Ero estremamente timida, facevo amicizia con chi mi ispirava fiducia e aveva un'aura buona, perché sì, vedevo e percepivo le auree. Non sono cazzate, l'aura esiste davvero. Sapevo fin da piccola di essere diversa dagli altri, ma questa è una storia che vi racconterò dopo.

Mi chiamò un altro paio di volte prima di riuscire ad avvicinarmi, sotto lo sguardo dei ragazzi seduti, tra cosplay e divise di Harry Potter.

«Come sai questo nome?» chiese con uno sguardo così da teatro che fra poco ridevo.

«Mi piace l'angiologia e la demonologia» risposi a bassa voce.

L'uomo seduto ancora più attirato da me, mise la gamba a terra e chiuse il libro dandomi tutta la sua attenzione.

«Meraviglioso» disse il mezzo genio sgranando gli occhi e agitando le braccia.

Mi fece altre domande su quel genere e io risposi preparata.

L'uomo seduto sulla sedia ammiccava un sorriso ogni volta che rispondevo.

Mi comprai la sua simpatia e quella dei ragazzi seduti. Guardai i ragazzi con le cravatte gialle e nere, i Tassorosso, la mia casa. Avevo fatto un test che mi aveva smistata lì, anche Vanessa l'aveva fatto, ma era risultata serpeverde.

L'uomo che assomigliava a un prete in borghese iniziò a girarmi a torno, mi faceva domande su quello che sapevo sul sovrannaturale. Si presentò con il nome Curt. Sapeva parlare bene l'italiano, anche se avevo sentito qualche nota straniera nella sua voce. Non pensavo che fosse un maniaco, ma pensavo che nascondesse qualcosa.
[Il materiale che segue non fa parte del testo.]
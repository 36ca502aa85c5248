// A rule, as the judge works on it.
ghost use Rattle.std.specs.Prelude.{◌≡◌, ℕ, suc, ◌<◌, ◌≤◌, true, take};
ghost use Rattle.rules.specs.Rows.{row_at, row_fits, row_earlier, uses, reach};

use crate::row::Row;

// A table of 1 to 64 rows, the last of which is the rule's. Limits and windows are in bounds, children stand
// in earlier rows, each row but the last is the child of exactly one row, and the reach is 500,000,000 at most.
// An array and a count, since a rule is copied, and an array vector is not.
#[derive(Clone, Copy)]
pub struct Rule {
    pub(crate) rows: [Row; 64],
    pub(crate) count: usize,
    ghost some: { 0 < count },
    ghost few: { count ≤ 64 },
    ghost fits: { (k : ℕ) → k < count → row_fits (row_at (take count rows) k) ≡ true },
    ghost earlier: { (k : ℕ) → k < count → row_earlier (row_at (take count rows) k) k ≡ true },
    ghost parent: { (c : ℕ) → suc c < count → uses (take count rows) c ≡ 1 },
    ghost near: { reach (take count rows) ≤ 500000000 },
}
«Tu» disse sedendosi accanto a me «Hai bisogno di queste» lasciò cadere sul tavolo delle pietre.

Lo guardai stranita.

«Alcune pietre fanno bene alla nostra psiche e al nostro organismo. Non prendermi per un santone, è solo che mi piace l'occulto come te» disse sorridendomi.

Prese l'acquamarina e la mostrò davanti a me.

«Aiuta a sciogliere la timidezza, a calmare i nervi, aiuta l'autostima, diminuisce la paura e l'ansia» mi spiegò cose che già sapevo.

«Sì l'acquamarina, lo so» risposi.

«Sei intelligente» mi fece un complimento lui.

«Non sono intelligente, ho solo studiato cose che mi piacciono» replicai.

«Studiare indica intelligenza» mi sorrise Curt, e ricambiai.

«L'agata fucsia» prese la pietra in mano «Questa ti incita a lasciare andare le delusioni e la tristezza. Ce ne sono di tanti colori, ognuna una caratteristica diversa» mi spiegò.

«La adularia, una pietra lunare» mi mostrò una pietra bianca «Aiuta la sfera emotiva a essere meno sconclusionata» affermò sorridendomi.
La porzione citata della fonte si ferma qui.